There is increasing recognition that non-canonical DNA structures play very important roles in essential biological processes. On the basis of this supposition, many labs, funding bodies and pharmaceutical companies are pursuing and funding research to identify modulators of these unusual topologies. One such non-canonical DNA form is the G-quadruplex, whose presence is proposed to be essential in regulating gene expression, in controlling replication initiation and telomere maintenance. However, the visualisation and imaging of such DNA structures in live cells is still to be achieved. Our project aims to develop new molecular tools to image G-quadruplex DNA in live cells. This will provide for the first time the possibility of studying the formation/resolution of these non-canonical DNA structures in real time and hence understand their dynamics at different stages of the cell cycle as well as their interplay with proteins (in particular helicases). Furthermore, this information could also provide important clues as to whether G-quadruplexes can be targeted by small molecule and hence are 'drugable' targets. Therefore, the proposed research will have an impact at different levels. In the short term, it will provide important fundamental understanding of quadruplexes in live cells (particularly their dynamics in relation to DNA-molecule and DNA-protein interactions). We envisage that by the end of our project, the new probes will be available (e.g. via a chemical company such as Invitrogen) to the wider academic community so that the involvement of G-quadruplexes in a wide range of biological processes can be ascertained.

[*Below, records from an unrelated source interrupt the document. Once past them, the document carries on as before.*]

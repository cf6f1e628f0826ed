//! Whether nothing is counted twice.
#![tactic(auto, using(claims::proofs::Found::in_a_row))]

ghost use Rattle.std.specs.Prelude.{◌≡◌, ◌≤◌, ◌+◌, ◌^◌, ◌∷◌, [], codes, length, map, IfOk, OnOk};
ghost use Rattle.std.specs.List.{AllByRecursion};
ghost use Rattle.affine_program.specs.Parts.{meaning};
ghost use Rattle.claims.specs.Claims.{Decides};
ghost use Rattle.claims.specs.Shown.{pointless_claims};
ghost use Rattle.claims.specs.declared.place.Step.TheVariants.{Key};
ghost use Rattle.footprint_pieces.specs.DisjointClaims.{pairwise_systems, shared_systems};
ghost use Rattle.footprint_pieces.specs.Pieces.{AreApartPieces, ArePairwiseApart};
ghost use Rattle.iolb_check.specs.Claims.{claim_of_term};
ghost use Rattle.last_writers.specs.Fitting.{FitsOutput};
ghost use Rattle.store_bound.specs.Counted.{computed_fronts};
ghost use Rattle.store_bound.specs.Moved.{IsAtMember, IsMoved};
ghost use Rattle.store_bound.specs.StoresFit.{output_pieces, single_pieces, systems_of};
ghost use Rattle.store_bound.specs.WordPieces.{HasWordPiece};
ghost use Rattle.store_terms.specs.Claims.{claim_of_output};
ghost use Rattle.store_terms.specs.declared.limits.TheConstants.{OUTPUTS};
ghost use Rattle.wavefront.specs.FrontPieces.{front_piece};

use crate::pair_counts::output_pairs;
use crate::pieces::{both_pieces, single_pieces};
use affine_form::{Memory, Multipliers};
use affine_program::Program;
use claims::{ObjectKey, Place, Refused, Step, refusal};
use footprint_pieces::lists_shown;
use iolb_check::Term;
use std::alloc::Global;
use store_terms::Output;

/// A refusal at a member of the list at this place, so far further on in the list.
fn moved(alloc: Global, list: &Place, first: usize, refused: Refused) -> Refused
    requires { IsAtMember list.now first refused }
    ensures { IsMoved list.now first refused result }
{
    let Refused::Failed(failed) = refused else {
        return Refused::Memory;
    };
    let Some(Step::Index(index)) = failed.place.steps().last() else {
        unreachable!();
    };
    match list.within(alloc, Step::Index(first as u64 + *index)) {
        Ok(place) => refusal(alloc, failed.condition, &place),
        Err(Memory) => Refused::Memory,
    }
}

/// Whether no two outputs of one statement are shown to have an instance in common.
fn outputs_apart(
    alloc: Global,
    program: &Program,
    outputs: &[Output],
    shown: &[Multipliers],
    list: &Place,
) -> Result<(), Refused>
    requires outputs { AllByRecursion (FitsOutput program.now) outputs.now }
    requires enough { length (pairwise_systems (meaning program.now) (single_pieces (meaning program.now) (map claim_of_output outputs.now))) ≤ length shown.now }
    ensures hold { Decides (pointless_claims 23 list.now 0 (pairwise_systems (meaning program.now) (single_pieces (meaning program.now) (map claim_of_output outputs.now))) shown.now) result }
    ensures apart { OnOk result (ArePairwiseApart (meaning program.now) (single_pieces (meaning program.now) (map claim_of_output outputs.now))) }
{
    let singles = single_pieces(alloc, program, outputs)?;
    lists_shown(alloc, program, singles.as_slice(), shown, 23, list)
}

/// Whether no output and no words of one statement are shown to have an instance in common, by multipliers that stand in the
/// list at this place from the first on.
fn words_apart(
    alloc: Global,
    program: &Program,
    outputs: &[Output],
    terms: &[Term],
    shown: &[Multipliers],
    first: usize,
    list: &Place,
) -> Result<(), Refused>
    requires outputs { AllByRecursion (FitsOutput program.now) outputs.now }
    requires terms { AllByRecursion (HasWordPiece program.now) terms.now }
    requires enough { length (shared_systems (meaning program.now) (output_pieces (meaning program.now) (map claim_of_output outputs.now)) (map (front_piece (meaning program.now)) (computed_fronts (map claim_of_term terms.now)))) ≤ length shown.now }
    requires room { first + length shown.now ≤ 2 ^ 64 }
    ensures hold { Decides (pointless_claims 23 list.now first (shared_systems (meaning program.now) (output_pieces (meaning program.now) (map claim_of_output outputs.now)) (map (front_piece (meaning program.now)) (computed_fronts (map claim_of_term terms.now)))) shown.now) result }
    ensures apart { OnOk result (AreApartPieces (meaning program.now) (output_pieces (meaning program.now) (map claim_of_output outputs.now)) (map (front_piece (meaning program.now)) (computed_fronts (map claim_of_term terms.now)))) }
{
    let lists = both_pieces(alloc, program, outputs, terms)?;
    match lists_shown(alloc, program, lists.as_slice(), shown, 23, list) {
        Ok(()) => Ok(()),
        Err(refused) => Err(moved(alloc, list, first, refused)),
    }
}

/// The place of the multipliers which show that nothing is counted twice.
fn apart_place(alloc: Global) -> Result<Place, Memory>
    ensures { IfOk result (λ place. place ≡ Key (codes "apart") ∷ []) }
{
    let steps = vec![in alloc; Step::Key(ObjectKey("apart"))]?;
    Ok(Place::new(steps))
}

/// Whether nothing is counted twice: no instance of two outputs, and none of an output and of terms' words.
pub(crate) fn check_apart(
    alloc: Global,
    program: &Program,
    outputs: &[Output],
    terms: &[Term],
    shown: &[Multipliers],
) -> Result<(), Refused>
    requires outputs { AllByRecursion (FitsOutput program.now) outputs.now }
    requires few { length outputs.now ≤ OUTPUTS }
    requires terms { AllByRecursion (HasWordPiece program.now) terms.now }
    requires enough { length (systems_of (meaning program.now) (map claim_of_output outputs.now) (computed_fronts (map claim_of_term terms.now))) ≤ length shown.now }
    ensures hold { Decides (pointless_claims 23 (Key (codes "apart") ∷ []) 0 (systems_of (meaning program.now) (map claim_of_output outputs.now) (computed_fronts (map claim_of_term terms.now))) shown.now) result }
    ensures outputs { OnOk result (ArePairwiseApart (meaning program.now) (single_pieces (meaning program.now) (map claim_of_output outputs.now))) }
    ensures words { OnOk result (AreApartPieces (meaning program.now) (output_pieces (meaning program.now) (map claim_of_output outputs.now)) (map (front_piece (meaning program.now)) (computed_fronts (map claim_of_term terms.now)))) }
{
    let list = apart_place(alloc)?;
    outputs_apart(alloc, program, outputs, shown, &list)?;
    let first = output_pairs(outputs);
    let (_outputs, words) = shown.split_at(first);
    words_apart(alloc, program, outputs, terms, words, first, &list)?;
    Ok(())
}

This in turn will have an important long-term impact in the search for drugs that target this type of non-canonical DNA structure since our probes could provide the basis for a cellular assay to screen small molecules against quadruplexes.

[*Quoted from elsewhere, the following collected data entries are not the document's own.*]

//! What a player holds.

ghost use Rattle.std.specs.Prelude.{◌≡◌, ◌<◌, ◌≤◌, suc, drop, length, slice_index_or, IfOk};
ghost use Rattle.iolb_model.specs.Game.{final_board, first_board};
ghost use Rattle.pebble_replay.specs.Order.{HoldsEachOnce};
ghost use Rattle.pebble_replay.specs.Played.{instance_moves};
ghost use Rattle.pebble_replay.specs.Turns.{IsBetween};

use crate::lazy_queue::Queue;
use crate::turn::Turn;
use crate::uses::Uses;
use crate::uses_in::uses_in;
use iolb_model::game::Move;
use pebble_game::{Board, Graph, Memory};
use std::alloc::Global;

/// The board; for each vertex the uses to come; and red vertices by what is left of the order from their next use on, so that
/// the first is the one to go.
#[derive(Drop)]
pub(crate) struct Hand {
    pub(crate) board: Board,
    pub(crate) uses: Uses,
    pub(crate) queue: Queue,
}

impl Hand {
    /// What a player holds before the first instance of an order.
    pub(crate) fn new(alloc: Global, graph: &Graph, order: &[u32], s: u64) -> Result<Hand, Memory>
        requires each { HoldsEachOnce graph.now order.now }
        requires some { 1 ≤ s }
        ensures between { IfOk result (λ hand. IsBetween graph.now order.now hand) }
        ensures board { IfOk result (λ hand. hand.board ≡ record { s = s; board = first_board graph.now }) }
    {
        Ok(Hand {
            board: Board::new(alloc, graph, s)?,
            uses: uses_in(alloc, graph, order)?,
            queue: Queue::new(alloc, s),
        })
    }

    /// Plays the turn of the instance at a place of an order: what is held after it, and its moves.
    pub(crate) fn play(
        self,
        alloc: Global,
        graph: &Graph,
        order: &[u32],
        place: usize,
    ) -> Result<(Hand, Vec<Move>), Memory>
        requires between { IsBetween graph.now (drop place order.now) self }
        requires each { HoldsEachOnce graph.now order.now }
        requires there { place < length order.now }
        ensures between { IfOk result (λ played. IsBetween graph.now (drop (suc place) order.now) played.0) }
        ensures moves { IfOk result (λ played. played.1.items ≡ instance_moves graph.now self.board.s (drop (suc place) order.now) (slice_index_or order.now place 0) self.board.board) }
        ensures board { IfOk result (λ played. played.0.board ≡ record self.board { board = final_board self.board.board (instance_moves graph.now self.board.s (drop (suc place) order.now) (slice_index_or order.now place 0) self.board.board) }) }
    {
        let mut turn = Turn {
            alloc,
            graph,
            order,
            place,
            hand: self,
            moves: Vec::with_capacity(alloc, 12)?,
        };
        turn.finish()?;
        let Turn { hand, moves, .. } = turn;
        Ok((hand, moves))
    }
}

In addition to their use as DNA probes, the new molecules prepared in this project will have photophysical properties which could be potentially used for other applications such as sensing and optoelectronic materials. Indeed, platinum complexes have been previously self-assembled into functional materials with optoelectronic properties.

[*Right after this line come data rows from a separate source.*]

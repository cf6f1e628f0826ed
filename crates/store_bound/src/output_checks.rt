//! The conditions of outputs.
#![tactic(auto, using(claims::proofs::Found::in_a_row))]

ghost use Rattle.std.specs.Prelude.{map, IfOk, IfErr, OnOk};
ghost use Rattle.std.specs.List.{AllByRecursion, AllZip};
ghost use Rattle.affine_program.specs.Parts.{meaning};
ghost use Rattle.claims.specs.Claims.{AllHold, IsRefusal, numbered};
ghost use Rattle.domain_count.specs.Count.{IsCount};
ghost use Rattle.last_writers.specs.Fitting.{FitsOutput};
ghost use Rattle.last_writers.specs.Outputs.{IsSoundOutput};
ghost use Rattle.store_bound.specs.Conditions.{AreCountsOf, output_claims_at};
ghost use Rattle.store_bound.specs.Sound.{IsOutputCount};
ghost use Rattle.store_terms.specs.Claims.{claim_of_output};

use crate::fit_stores::output_place;
use affine_program::Program;
use claims::Refused;
use last_writers::check_output;
use poly_tree::Poly;
use std::alloc::Global;
use store_terms::Output;

/// The count of the output of this number.
fn checked_output(
    alloc: Global,
    program: &Program,
    index: usize,
    output: &Output,
) -> Result<Poly, Refused>
    requires { FitsOutput program.now output.now }
    ensures accepted { OnOk result (AllHold (output_claims_at (meaning program.now) index (claim_of_output output.now))) }
    ensures counted { IfOk result (λ count. IsOutputCount program.now output.now count) }
    ensures value { IfOk result (λ count. IsCount (meaning program.now) output.now.nest output.now.sums count) }
    ensures sound { OnOk result (IsSoundOutput (meaning program.now) (claim_of_output output.now)) }
    ensures refused { IfErr result (IsRefusal (output_claims_at (meaning program.now) index (claim_of_output output.now))) }
{
    let _params = program.params();
    let Ok(place) = output_place(alloc, index) else {
        return Err(Refused::Memory);
    };
    let count = check_output(alloc, program, output, &place)?;
    Ok(count)
}

/// The counts of outputs, in order.
///
/// # Errors
///
/// The first condition of the first output for which one fails.
pub(crate) fn check_outputs(
    alloc: Global,
    program: &Program,
    outputs: &[Output],
) -> Result<Vec<Poly>, Refused>
    requires { AllByRecursion (FitsOutput program.now) outputs.now }
    ensures accepted { OnOk result (AllHold (numbered (output_claims_at (meaning program.now)) 0 (map claim_of_output outputs.now))) }
    ensures counted { IfOk result (λ counts. AllZip (IsOutputCount program.now) outputs.now counts.items) }
    ensures values { IfOk result (λ counts. AreCountsOf (meaning program.now) (map claim_of_output outputs.now) counts.items) }
    ensures sound { OnOk result (AllByRecursion (IsSoundOutput (meaning program.now)) (map claim_of_output outputs.now)) }
    ensures refused { IfErr result (IsRefusal (numbered (output_claims_at (meaning program.now)) 0 (map claim_of_output outputs.now))) }
{
    let mut counts = Vec::new(alloc);
    for (index, output) in outputs.iter().enumerate() {
        let count = checked_output(alloc, program, index, output)?;
        let Ok(()) = counts.push(count) else {
            return Err(Refused::Memory);
        };
    }
    Ok(counts)
}
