//! Counts of moves.

ghost use Rattle.std.specs.Prelude.{◌≡◌, ◌+◌, ◌<◌, ◌^◌};
ghost use Rattle.iolb_model.specs.Game.{loads, stores};
ghost use Rattle.pebble_replay.specs.Played.{computes};

use iolb_model::game::Move;

/// How many moves load, store and compute.
#[derive(Clone, Copy)]
pub(crate) struct Counts {
    pub(crate) loads: u64,
    pub(crate) stores: u64,
    pub(crate) computes: u64,
}

impl Counts {
    /// These counts and others together.
    pub(crate) fn with(self, more: Counts) -> Counts
        requires loads { self.loads + more.loads < 2 ^ 64 }
        requires stores { self.stores + more.stores < 2 ^ 64 }
        requires computes { self.computes + more.computes < 2 ^ 64 }
        ensures { result ≡ record { loads = self.loads + more.loads; stores = self.stores + more.stores; computes = self.computes + more.computes } }
    {
        Counts {
            loads: self.loads + more.loads,
            stores: self.stores + more.stores,
            computes: self.computes + more.computes,
        }
    }
}

/// How many of some moves load, store and compute.
pub(crate) fn counts_of(moves: &[Move]) -> Counts
    ensures loads { result.loads ≡ loads moves.now }
    ensures stores { result.stores ≡ stores moves.now }
    ensures computes { result.computes ≡ computes moves.now }
{
    let mut counts = Counts {
        loads: 0,
        stores: 0,
        computes: 0,
    };
    for step in moves {
        match step {
            Move::Load(_) => counts.loads += 1,
            Move::Store(_) => counts.stores += 1,
            Move::Compute(_) => counts.computes += 1,
            Move::Drop(_) | Move::Erase(_) => {}
        }
    }
    counts
}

Two other important impacts of this research are: a) Training of a young researcher in a highly multidisciplinary environment including synthetic chemistry/chemical biology and cell biology; b) Outreach to broader scientific community and non scientists - by using optical probes (visually very appealing and easy to relate to) we will probe DNA structures beyond the well-known canonical DNA double helix. We believe that this can easily capture the public's imagination and therefore the project is well suited for outreach activities.